When designing our first Intel RealSense application, we began the design process thinking of the platform in mind. Instead of determining how we would port a gameplay style to gesture control, we thought of the unique interactions available through gesture control and what experiences we could develop around them. Since our development began with the Intel® Perceptual Computing SDK (the predecessor of Intel RealSense technology), we focused on 2D hand position and hand openness as the main user interactions, forming the core of our gameplay. With using only these two simple interactions, we wanted to give users a wide range of possible gameplay interactions. Most of the changes in gameplay interactions came from simply altering the orientation of the user’s hand, giving a different feel to the gestures—even though the measured values were the same.
The main application we developed with Intel RealSense technology is Space Between. Space Between is a game, developed in Unity*, in which the player explores the depths of the ocean by controlling different creatures [Fig. 1]. The game is broken down into multiple (sequential) minigames, each focusing on a different creature and input modality. Each gesture is used in a way that mimics the movement of the corresponding creature, driving the characters directly. These are often used one-to-one: the hand is oriented so that it aligns with the creature, with instant effect on the character’s movement, resulting in controls that were easy to understand and learn.
When designing these minigames, we knew we needed to start with gesture input in mind. From there, we iterated on each until they fit. After using Intel Perceptual Computing SDK’s hand tracking, face tracking, and voice recognition, we concluded that we were most excited with the hand tracking module. When transitioning to Intel RealSense SDK, we found that the strongest modules were the ones involving hand tracking, although the strength of the SDK lies in the sheer amount of modules available. The minigames all began with hand tracking as the primary control, and head tracking was used to alleviate problems with prolonged gestures (as discussed later).
Figure 2: Wave Motion in The Sunlight Zone stage
In our first minigame, the Sunlight Zone, the player controls a sea turtle in the profile view. The game’s design began with the idea of using a gesture that mimics holding your hand out a car window: fluidly moving your hand up and down in a wave movement [Fig. 2]. The turtle mimics the movement of the player’s hand, gaining speed with each wave completed. Originally, the only input was the y-position of the user’s hand in the viewport as a goal for the player’s character. After the prototyping stage, we were able to get a more accurate gesture using the hand angle. With this method, we could face the turtle to match the angler of the user’s hand, making the interaction feel more responsive. We were able to get the hand angle from the hand tracking module’s palm orientation by singling out an axis [Fig. 3].

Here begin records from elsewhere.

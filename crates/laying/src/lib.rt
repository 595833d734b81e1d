// From the marked signs of a formula to its rows and alternatives in tables.
#![tactic(auto)]

pub mod laying;
mod sign;
mod table;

Figure 3: A code sample of singling out an axis from hand data.
This was an easy gesture to teach new players, but after play testing we noticed that the gesture proved tiring after less than a minute. From this we learned about “consumed endurance” [Fig. 4], which is the measure of the tiredness in arms while performing raised gestures. The problem with the gesture was that the elbow needed to be raised perpendicular to the body such that it could not support the rest of the arm, which turns out to be one of the most tiring gestures.
Figure 4: Consumed Endurance Formula (source: Consumed Endurance (CE) – Measuring Arm Fatigue during Mid-Air Interactions from http://blog.jhincapie.com/projects/consumed-endurance-ce-measuring-arm-fatigue-during-mid-air-interactions/).
We still liked the wave movement for controlling the character, but in order to play comfortably (and for prolonged periods of time), users had to be able to rest their elbows. We added a cruising speed to the game, where the player’s character slows down and is controllable using hand angle exclusively. This allows the player to continue playing the game without feeling like they are penalized or required to perform the wave movement gesture for a long period of time.
Even with the addition of the hand angle to alleviate the tiring of the arm, players still needed time to recuperate before the next minigame, The Midnight Zone. To give them a breather, we added a minigame that didn’t use hand gestures. In The Twilight Zone, the player simply leans in any of the four directions to control the character, mimicking the movement of the player’s character (a whale). On the coding end, the tracking of these leaning movements comes from tracking the central head position, both in change of viewport x-position and depth.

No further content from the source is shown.